Studio album by Smokey Robinson
- Released: 2004
- Studio: Creative Source (Woodland Hills, California)
- Genre: Gospel music
- Length: 44:21
- Language: English
- Label: Liquid 8
- Producer: Michael Stokes

Smokey Robinson chronology
| Intimate (1999) | Food for the Spirit (2004) | My World (The Definitive Collection) (2005) |

= Food for the Spirit (album) =

Food for the Spirit is the eighteenth studio album by American singer-songwriter Smokey Robinson, released in 2004. The album marks his first gospel album, departing from his typical soul music work. The album received mixed reception and Robinson returned to soul after this release.

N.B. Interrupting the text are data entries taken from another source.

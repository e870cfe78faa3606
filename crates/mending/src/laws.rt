//! What holds of a volume that is mended: a law, without code.

ghost use Rattle.std.specs.Prelude.{◌≡◌, ℕ, List, [], ◌∷◌, ◌++◌, Ok, length};
ghost use Rattle.findings.specs.Findings.{AreFindings};
ghost use Rattle.findings.specs.Report.{repairs_of};
ghost use Rattle.findings.specs.declared.finding.Finding.{Finding};
ghost use Rattle.machine.specs.Command.{Answer, Check, Done, Freeze, Image, Install, Release, Sync};
ghost use Rattle.model.specs.View.{View};
ghost use Rattle.device.specs.Media.{Held};
ghost use Rattle.softdep.specs.Queued.{pending_of};
ghost use Rattle.live_states.specs.Holdings.{Beside, IsIdle, nothing_beside};
ghost use Rattle.snapshot.specs.Alive.{Alive, disk_of};
ghost use Rattle.snapshot.specs.Mounting.{IsMountable};
ghost use Rattle.snapshot.specs.Goes.{Goes, IsBeside};
ghost use Rattle.mending.specs.Repairs.{all_done, repairs_below};

use device::Device;

/// From a volume that was just mounted: a snapshot, its check, each of the repairs, the snapshot's end and a sync, and nothing
/// else, leave a device on whose image a check finds nothing.
pub fn mended_images_are_clean<D: Device>()
    ensures { (beside' : Beside) (held held' : Held) (image image' : List (List ℕ)) (old new : Alive D)
        → (number : ℕ) (frozen : View) (check : Check) (findings : List Finding) (n : ℕ) (answer : Answer)
        → IsMountable old.kept.geometry image → pending_of old.queue ≡ [] → IsIdle old.holdings → IsBeside image old nothing_beside
        → AreFindings old.kept.geometry frozen findings → length (repairs_of findings) ≡ n
        → Goes nothing_beside held image old
        (Freeze ∷ Install check ∷ ((repairs_below n ++ Release number ∷ []) ++ Sync ∷ []))
        (Ok (Image number frozen) ∷ Ok Done ∷ ((all_done n ++ Ok Done ∷ []) ++ Ok answer ∷ [])) beside' held' image' new
        → AreFindings new.kept.geometry (disk_of image' new) [] }
{
    snapshot::mounted_volumes_begin::<D>();
    snapshot::whole_cycles_end_exact::<D>();
    exact_images::nothing_is_found_on_exact_images();
}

The album also marks the second album not to be released by Motown (following Double Good Everything in 1991), instead being released by Liquid 8 Records.

==Reception==
Editors at AllMusic Guide scored this release 2.5 out of five stars, with critic Thom Jurek calling it "a slick, very contemporary soul-gospel recording" and that Robinson has a "still gorgeous voice", but the performance competes with the production. Writing in Rolling Stone, Bud Scoppa gave this release three out of five stars, praising Robinson's vocals, but decrying "heavy-handed social commentary".

==Track listing==
All songs written by Smokey Robinson

1. "Jesus Told Me to Love You" – 5:55
2. "Let Your Light Shine On Me" – 4:41
3. "The Road to Damascus" – 5:34
4. "Standing On Jesus" – 3:19
5. "He Can Fix Anything" – 3:50
6. "I Have Prayed On It" – 5:48
7. "Gang Bangin'" – 5:02
8. "I Praise & Worship You Father" – 4:29
9. "We Are the Warriors" – 5:43

== Personnel ==
- Smokey Robinson – vocals
- Michael Stokes – keyboards, acoustic piano, programming, arrangements, horn and string arrangements
- D'Andre Franklin – keyboards, acoustic piano, programming, horn and string arrangements
- Clint Stokes III – keyboards, acoustic piano, programming
- Kelvin Thomas – keyboards
- Sydney Stokes – guitars
- Rick Whitfield – guitars
- Andrew Gouche – bass guitar
- Alexandra Brown – backing vocals
- Carmen Carter – backing vocals
- Louis Price – backing vocals
- Jacquelyn L. Similey – backing vocals
- Oren Waters – backing vocals

=== Production ===
- Michael Stokes – producer, engineer, mixing
- D'Andre Franklin – associate producer, assistant engineer, mix assistant
- Clint Stokes III – associate producer
- Khaliq Glover – assistant engineer, mix assistant
- Bernie Grundman – mastering at Bernie Grundman Mastering (Hollywood, California)
- Sherman Keith Hill – art supervision
- Deja Daije and SKH – artwork, design
- Christina M. Lopez and SKH – art direction

==Chart performance==
Food for the Spirit reached 44 on Billboards Top R&B/Hip-Hop Albums.